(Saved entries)

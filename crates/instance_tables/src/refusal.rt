//! Refusals of tables.

use crate::columns::{Column, Table};
use crate::why::Why;
use std::alloc::{AllocError, AllocFailed, Global};
use std::error::Error;
use std::fmt;

/// The most bytes of a cell that a refusal shows.
const SHOWN_MOST: usize = 40;

/// Why a table is refused, and where.
#[derive(Debug, Drop)]
pub struct TableRefusal {
    /// The table.
    pub table: Table,
    /// The row, from 1 on, the names of the columns being row 1; none where it is about the whole table.
    pub row: Option<u64>,
    /// The column; none where it is about a whole row, or the column has no name.
    pub column: Option<Column>,
    /// What stands in the cell, as far as it is shown; none where it is about no cell.
    pub found: Option<String>,
    /// Why it is refused, and what may stand there.
    pub why: Why,
}

/// Why tables make no instance.
#[derive(Debug, Drop)]
pub enum ImportRefusal {
    /// A table is refused.
    Table(TableRefusal),
    /// No memory was left.
    NoMemory,
}

impl From<AllocError> for ImportRefusal {
    fn from(_refused: AllocError) -> ImportRefusal {
        ImportRefusal::NoMemory
    }
}

impl<T: Drop> From<AllocFailed<T>> for ImportRefusal {
    fn from(_refused: AllocFailed<T>) -> ImportRefusal {
        ImportRefusal::NoMemory
    }
}

impl TableRefusal {
    /// The refusal of a whole table.
    pub(crate) fn of_table(table: Table, why: Why) -> TableRefusal {
        TableRefusal {
            table,
            row: None,
            column: None,
            found: None,
            why,
        }
    }

    /// The refusal of a row.
    pub(crate) fn of_row(table: Table, row: u64, why: Why) -> TableRefusal {
        TableRefusal {
            table,
            row: Some(row),
            column: None,
            found: None,
            why,
        }
    }
}

/// A text as a refusal shows it: its first visible characters, with a question mark for every other one.
pub(crate) fn shown(alloc: Global, text: &str) -> Result<String, AllocError> {
    let mut shown = String::new(alloc);
    for letter in text.chars().take(SHOWN_MOST) {
        let visible = letter == ' ' || letter.is_ascii_graphic();
        shown.push(if visible { letter } else { '?' })?;
    }
    Ok(shown)
}

/// Writes what stands in a cell.
fn write_found<W: fmt::Write>(found: &str, f: &mut fmt::Formatter<W>) -> fmt::Result {
    if found.is_empty() {
        f.write_str("nothing stands there; ")
    } else {
        write!(f, "`{found}` stands there; ")
    }
}

impl fmt::Display for TableRefusal {
    /// Writes where it is, what stands there and what may stand there.
    fn fmt<W: fmt::Write>(&self, f: &mut fmt::Formatter<W>) -> fmt::Result {
        write!(f, "{}", self.table)?;
        if let Some(row) = self.row {
            write!(f, ", row {row}")?;
        }
        if let Some(column) = self.column {
            write!(f, ", column {column}")?;
        }
        f.write_str(": ")?;
        if let Some(found) = &self.found {
            write_found(found.as_str(), f)?;
        }
        write!(f, "{}", self.why)
    }
}

impl fmt::Display for ImportRefusal {
    fn fmt<W: fmt::Write>(&self, f: &mut fmt::Formatter<W>) -> fmt::Result {
        match self {
            ImportRefusal::Table(why) => write!(f, "{why}"),
            ImportRefusal::NoMemory => f.write_str("there is not enough memory"),
        }
    }
}

impl Error for TableRefusal {}

impl Error for ImportRefusal {}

* _Task directions_: Word for word, restate the entries from the first line to the line that has "refusal of a row.", both included, and nothing else.

* _Answer to this exercise_:
filename crates/instance_tables/src/refusal.rt
//! Refusals of tables.

use crate::columns::{Column, Table};
use crate::why::Why;
use std::alloc::{AllocError, AllocFailed, Global};
use std::error::Error;
use std::fmt;

/// The most bytes of a cell that a refusal shows.
const SHOWN_MOST: usize = 40;

/// Why a table is refused, and where.
#[derive(Debug, Drop)]
pub struct TableRefusal {
    /// The table.
    pub table: Table,
    /// The row, from 1 on, the names of the columns being row 1; none where it is about the whole table.
    pub row: Option<u64>,
    /// The column; none where it is about a whole row, or the column has no name.
    pub column: Option<Column>,
    /// What stands in the cell, as far as it is shown; none where it is about no cell.
    pub found: Option<String>,
    /// Why it is refused, and what may stand there.
    pub why: Why,
}

/// Why tables make no instance.
#[derive(Debug, Drop)]
pub enum ImportRefusal {
    /// A table is refused.
    Table(TableRefusal),
    /// No memory was left.
    NoMemory,
}

impl From<AllocError> for ImportRefusal {
    fn from(_refused: AllocError) -> ImportRefusal {
        ImportRefusal::NoMemory
    }
}

impl<T: Drop> From<AllocFailed<T>> for ImportRefusal {
    fn from(_refused: AllocFailed<T>) -> ImportRefusal {
        ImportRefusal::NoMemory
    }
}

impl TableRefusal {
    /// The refusal of a whole table.
    pub(crate) fn of_table(table: Table, why: Why) -> TableRefusal {
        TableRefusal {
            table,
            row: None,
            column: None,
            found: None,
            why,
        }
    }

    /// The refusal of a row.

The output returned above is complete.